Could you output the complete listing given below exactly?

(The records begins)

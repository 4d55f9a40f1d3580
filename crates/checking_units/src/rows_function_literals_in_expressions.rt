//! function literals in expressions: what the definition of checking answers.
ghost use Rattle.std.specs.Prelude.{◌≡◌};
ghost use Rattle.checking_units.specs.Parts.{outcome, accepted, breaks};
ghost use Rattle.checking_units.specs.RowsFunctionLiteralsInExpressions as rows;

/// function literals in expressions.
pub fn rows_function_literals_in_expressions()
    ensures function_literals_in_expressions_1 { outcome rows.function_literals_in_expressions_1 ≡ breaks 16 56 }
    ensures function_literals_in_expressions_2 { outcome rows.function_literals_in_expressions_2 ≡ accepted }
    ensures function_literals_in_expressions_3 { outcome rows.function_literals_in_expressions_3 ≡ breaks 45 39 }
    ensures function_literals_in_expressions_4 { outcome rows.function_literals_in_expressions_4 ≡ accepted }
    ensures function_literals_in_expressions_5 { outcome rows.function_literals_in_expressions_5 ≡ breaks 42 43 }
    ensures function_literals_in_expressions_6 { outcome rows.function_literals_in_expressions_6 ≡ breaks 40 55 }
    ensures function_literals_in_expressions_7 { outcome rows.function_literals_in_expressions_7 ≡ breaks 10 43 }
    ensures function_literals_in_expressions_8 { outcome rows.function_literals_in_expressions_8 ≡ breaks 10 33 }
    ensures function_literals_in_expressions_9 { outcome rows.function_literals_in_expressions_9 ≡ breaks 2 36 }
{}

(The records ends)

-- The completed task --
repository 4d55f9a40f1d3580
filename crates/checking_units/src/rows_function_literals_in_expressions.rt
//! function literals in expressions: what the definition of checking answers.
ghost use Rattle.std.specs.Prelude.{◌≡◌};
ghost use Rattle.checking_units.specs.Parts.{outcome, accepted, breaks};
ghost use Rattle.checking_units.specs.RowsFunctionLiteralsInExpressions as rows;

/// function literals in expressions.
pub fn rows_function_literals_in_expressions()
    ensures function_literals_in_expressions_1 { outcome rows.function_literals_in_expressions_1 ≡ breaks 16 56 }
    ensures function_literals_in_expressions_2 { outcome rows.function_literals_in_expressions_2 ≡ accepted }
    ensures function_literals_in_expressions_3 { outcome rows.function_literals_in_expressions_3 ≡ breaks 45 39 }
    ensures function_literals_in_expressions_4 { outcome rows.function_literals_in_expressions_4 ≡ accepted }
    ensures function_literals_in_expressions_5 { outcome rows.function_literals_in_expressions_5 ≡ breaks 42 43 }
    ensures function_literals_in_expressions_6 { outcome rows.function_literals_in_expressions_6 ≡ breaks 40 55 }
    ensures function_literals_in_expressions_7 { outcome rows.function_literals_in_expressions_7 ≡ breaks 10 43 }
    ensures function_literals_in_expressions_8 { outcome rows.function_literals_in_expressions_8 ≡ breaks 10 33 }
    ensures function_literals_in_expressions_9 { outcome rows.function_literals_in_expressions_9 ≡ breaks 2 36 }
{}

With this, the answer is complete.